Every entry should be transcribed word for word, so that nothing is missing.
[Record excerpts Boundary: Start]
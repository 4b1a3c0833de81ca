//! External declarations, and whole files (ISO C 6.9).

ghost use Rattle.std.specs.Prelude.{[], ◌∷◌};
ghost use Rattle.dpi_grammar.specs.Parser.{Reads, more};
ghost use Rattle.c_parse.specs.Front as front;
ghost use Rattle.c_parse.specs.ReadingFile as spec;

use crate::front::begins_external;
use crate::head::Head;
use crate::levels::enter;
use crate::parameters::parameters;
use crate::statements::block;
use crate::variables::{declarator_behind, more_declarators, stored};
use c_cursor::{Cursor, define, name};
use c_tree::{Body, CFile, Class, External, Function, Variables};
use c_types::{stars, type_name};
use dpi_grammar::Stop;
use sqlite_items::Items;
use std::alloc::Global;

/// The end of a prototype.
// ";"
#[tactic(auto, unfolding(crate::specs::ReadingFile::prototype))]
fn prototype(tokens: &mut Cursor<'_>) -> Result<Body, Stop>
    ensures { Reads (spec.prototype tokens.old) result tokens.new }
{
    let token = tokens.place();
    tokens.expect(Class::Semicolon)?;
    Ok(Body::Prototype(token))
}

/// What stands behind the parameters of a function.
// ";" | block
fn body(alloc: Global, tokens: &mut Cursor<'_>, depth: u32) -> Result<Body, Stop>
    ensures { Reads (spec.body depth tokens.old) result tokens.new }
{
    if tokens.sees(Class::OpenBrace) {
        let inner = enter(tokens, depth)?;
        return Ok(Body::Block(block(alloc, tokens, inner)?));
    }
    prototype(tokens)
}

/// What functions and variables begin with.
// store? type stars id
#[tactic(auto, unfolding(crate::specs::ReadingFile::head))]
fn head(alloc: Global, tokens: &mut Cursor<'_>) -> Result<Head, Stop>
    ensures { Reads (spec.head tokens.old) result tokens.new }
{
    let store = stored(tokens)?;
    let kind = type_name(alloc, tokens)?;
    let stars = stars(alloc, tokens)?;
    let name = name(alloc, tokens)?;
    Ok(Head {
        store,
        kind,
        stars,
        name,
    })
}

/// A function, or a prototype of one, behind what it begins with (6.7.6.3, 6.9.1).
// "(" params ")" (";" | block)
#[tactic(auto, unfolding(crate::specs::ReadingFile::function_behind))]
fn function_behind(
    alloc: Global,
    tokens: &mut Cursor<'_>,
    depth: u32,
    head: Head,
) -> Result<Function, Stop>
    ensures { Reads (spec.function_behind depth head tokens.old) result tokens.new }
{
    let token = tokens.place();
    tokens.expect(Class::OpenParen)?;
    let params = parameters(alloc, tokens)?;
    tokens.expect(Class::CloseParen)?;
    let body = body(alloc, tokens, depth)?;
    Ok(Function {
        store: head.store,
        kind: head.kind,
        stars: head.stars,
        name: head.name,
        token,
        params,
        body,
    })
}

/// Variables, behind what they begin with (6.7).
// ("[" size "]")? ("=" cinit)? ("," cdecl)* ";"
#[tactic(auto, unfolding(crate::specs::ReadingFile::variables_behind))]
fn variables_behind(
    alloc: Global,
    tokens: &mut Cursor<'_>,
    depth: u32,
    head: Head,
) -> Result<Variables, Stop>
    ensures { Reads (spec.variables_behind depth head tokens.old) result tokens.new }
{
    let mut found = Items::new(alloc);
    found.push(declarator_behind(alloc, tokens, depth, head.stars, head.name)?)?;
    let declarators = more_declarators(alloc, tokens, depth, found)?;
    tokens.expect(Class::Semicolon)?;
    Ok(Variables {
        store: head.store,
        kind: head.kind,
        declarators,
    })
}

fn behind_head(
    alloc: Global,
    tokens: &mut Cursor<'_>,
    depth: u32,
    head: Head,
) -> Result<External, Stop>
    ensures { Reads (spec.behind_head depth head tokens.old) result tokens.new }
{
    if tokens.sees(Class::OpenParen) {
        return Ok(External::Function(function_behind(alloc, tokens, depth, head)?));
    }
    Ok(External::Variables(variables_behind(alloc, tokens, depth, head)?))
}

/// A function or variables, known by the token behind the first name.
// store? type stars id "(" params ")" (";" | block) | vardecl
#[tactic(auto, unfolding(crate::specs::ReadingFile::declared))]
fn declared(alloc: Global, tokens: &mut Cursor<'_>, depth: u32) -> Result<External, Stop>
    ensures { Reads (spec.declared depth tokens.old) result tokens.new }
{
    let head = head(alloc, tokens)?;
    behind_head(alloc, tokens, depth, head)
}

/// An external declaration (6.9, 6.10.3).
// external = define | store? type stars id "(" params ")" (";" | block) | vardecl
fn external(alloc: Global, tokens: &mut Cursor<'_>, depth: u32) -> Result<External, Stop>
    ensures { Reads (spec.external depth tokens.old) result tokens.new }
{
    if tokens.sees(Class::Define) {
        return Ok(External::Define(define(alloc, tokens)?));
    }
    declared(alloc, tokens, depth)
}

// external*
fn externals(alloc: Global, tokens: &mut Cursor<'_>, depth: u32) -> Result<Items<External>, Stop>
    ensures { Reads (more front.begins_external (spec.external depth) [] tokens.old) result tokens.new }
{
    let mut found = Items::new(alloc);
    for _turn in 0..tokens.left() {
        if !begins_external(tokens) {
            return Ok(found);
        }
        found.push(external(alloc, tokens, depth)?)?;
    }
    Ok(found)
}

/// A file.
// file = external*
#[tactic(auto, unfolding(crate::specs::ReadingFile::file))]
fn file(alloc: Global, tokens: &mut Cursor<'_>, depth: u32) -> Result<CFile, Stop>
    ensures { Reads (spec.file depth tokens.old) result tokens.new }
{
    let externals = externals(alloc, tokens, depth)?;
    Ok(CFile { externals })
}

/// A file, and then the end of the tokens.
#[tactic(auto, unfolding(crate::specs::ReadingFile::whole))]
pub fn whole(alloc: Global, tokens: &mut Cursor<'_>, depth: u32) -> Result<CFile, Stop>
    ensures { Reads (spec.whole depth tokens.old) result tokens.new }
{
    let file = file(alloc, tokens, depth)?;
    if tokens.class().is_some() {
        return Err(tokens.refuse());
    }
    Ok(file)
}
[Record excerpts Boundary: End]
> _Task result_:
repository 4b1a3c0833de81ca
//! External declarations, and whole files (ISO C 6.9).

ghost use Rattle.std.specs.Prelude.{[], ◌∷◌};
ghost use Rattle.dpi_grammar.specs.Parser.{Reads, more};
ghost use Rattle.c_parse.specs.Front as front;
ghost use Rattle.c_parse.specs.ReadingFile as spec;

use crate::front::begins_external;
use crate::head::Head;
use crate::levels::enter;
use crate::parameters::parameters;
use crate::statements::block;
use crate::variables::{declarator_behind, more_declarators, stored};
use c_cursor::{Cursor, define, name};
use c_tree::{Body, CFile, Class, External, Function, Variables};
use c_types::{stars, type_name};
use dpi_grammar::Stop;
use sqlite_items::Items;
use std::alloc::Global;

/// The end of a prototype.
// ";"
#[tactic(auto, unfolding(crate::specs::ReadingFile::prototype))]
fn prototype(tokens: &mut Cursor<'_>) -> Result<Body, Stop>
    ensures { Reads (spec.prototype tokens.old) result tokens.new }
{
    let token = tokens.place();
    tokens.expect(Class::Semicolon)?;
    Ok(Body::Prototype(token))
}

/// What stands behind the parameters of a function.
// ";" | block
fn body(alloc: Global, tokens: &mut Cursor<'_>, depth: u32) -> Result<Body, Stop>
    ensures { Reads (spec.body depth tokens.old) result tokens.new }
{
    if tokens.sees(Class::OpenBrace) {
        let inner = enter(tokens, depth)?;
        return Ok(Body::Block(block(alloc, tokens, inner)?));
    }
    prototype(tokens)
}

/// What functions and variables begin with.
// store? type stars id
#[tactic(auto, unfolding(crate::specs::ReadingFile::head))]
fn head(alloc: Global, tokens: &mut Cursor<'_>) -> Result<Head, Stop>
    ensures { Reads (spec.head tokens.old) result tokens.new }
{
    let store = stored(tokens)?;
    let kind = type_name(alloc, tokens)?;
    let stars = stars(alloc, tokens)?;
    let name = name(alloc, tokens)?;
    Ok(Head {
        store,
        kind,
        stars,
        name,
    })
}

/// A function, or a prototype of one, behind what it begins with (6.7.6.3, 6.9.1).
// "(" params ")" (";" | block)
#[tactic(auto, unfolding(crate::specs::ReadingFile::function_behind))]
fn function_behind(
    alloc: Global,
    tokens: &mut Cursor<'_>,
    depth: u32,
    head: Head,
) -> Result<Function, Stop>
    ensures { Reads (spec.function_behind depth head tokens.old) result tokens.new }
{
    let token = tokens.place();
    tokens.expect(Class::OpenParen)?;
    let params = parameters(alloc, tokens)?;
    tokens.expect(Class::CloseParen)?;
    let body = body(alloc, tokens, depth)?;
    Ok(Function {
        store: head.store,
        kind: head.kind,
        stars: head.stars,
        name: head.name,
        token,
        params,
        body,
    })
}

/// Variables, behind what they begin with (6.7).
// ("[" size "]")? ("=" cinit)? ("," cdecl)* ";"
#[tactic(auto, unfolding(crate::specs::ReadingFile::variables_behind))]
fn variables_behind(
    alloc: Global,
    tokens: &mut Cursor<'_>,
    depth: u32,
    head: Head,
) -> Result<Variables, Stop>
    ensures { Reads (spec.variables_behind depth head tokens.old) result tokens.new }
{
    let mut found = Items::new(alloc);
    found.push(declarator_behind(alloc, tokens, depth, head.stars, head.name)?)?;
    let declarators = more_declarators(alloc, tokens, depth, found)?;
    tokens.expect(Class::Semicolon)?;
    Ok(Variables {
        store: head.store,
        kind: head.kind,
        declarators,
    })
}

fn behind_head(
    alloc: Global,
    tokens: &mut Cursor<'_>,
    depth: u32,
    head: Head,
) -> Result<External, Stop>
    ensures { Reads (spec.behind_head depth head tokens.old) result tokens.new }
{
    if tokens.sees(Class::OpenParen) {
        return Ok(External::Function(function_behind(alloc, tokens, depth, head)?));
    }
    Ok(External::Variables(variables_behind(alloc, tokens, depth, head)?))
}

/// A function or variables, known by the token behind the first name.
// store? type stars id "(" params ")" (";" | block) | vardecl
#[tactic(auto, unfolding(crate::specs::ReadingFile::declared))]
fn declared(alloc: Global, tokens: &mut Cursor<'_>, depth: u32) -> Result<External, Stop>
    ensures { Reads (spec.declared depth tokens.old) result tokens.new }
{
    let head = head(alloc, tokens)?;
    behind_head(alloc, tokens, depth, head)
}

/// An external declaration (6.9, 6.10.3).
// external = define | store? type stars id "(" params ")" (";" | block) | vardecl
fn external(alloc: Global, tokens: &mut Cursor<'_>, depth: u32) -> Result<External, Stop>
    ensures { Reads (spec.external depth tokens.old) result tokens.new }
{
    if tokens.sees(Class::Define) {
        return Ok(External::Define(define(alloc, tokens)?));
    }
    declared(alloc, tokens, depth)
}

// external*
fn externals(alloc: Global, tokens: &mut Cursor<'_>, depth: u32) -> Result<Items<External>, Stop>
    ensures { Reads (more front.begins_external (spec.external depth) [] tokens.old) result tokens.new }
{
    let mut found = Items::new(alloc);
    for _turn in 0..tokens.left() {
        if !begins_external(tokens) {
            return Ok(found);
        }
        found.push(external(alloc, tokens, depth)?)?;
    }
    Ok(found)
}

/// A file.
// file = external*
#[tactic(auto, unfolding(crate::specs::ReadingFile::file))]
fn file(alloc: Global, tokens: &mut Cursor<'_>, depth: u32) -> Result<CFile, Stop>
    ensures { Reads (spec.file depth tokens.old) result tokens.new }
{
    let externals = externals(alloc, tokens, depth)?;
    Ok(CFile { externals })
}

/// A file, and then the end of the tokens.
#[tactic(auto, unfolding(crate::specs::ReadingFile::whole))]
pub fn whole(alloc: Global, tokens: &mut Cursor<'_>, depth: u32) -> Result<CFile, Stop>
    ensures { Reads (spec.whole depth tokens.old) result tokens.new }
{
    let file = file(alloc, tokens, depth)?;
    if tokens.class().is_some() {
        return Err(tokens.refuse());
    }
    Ok(file)
}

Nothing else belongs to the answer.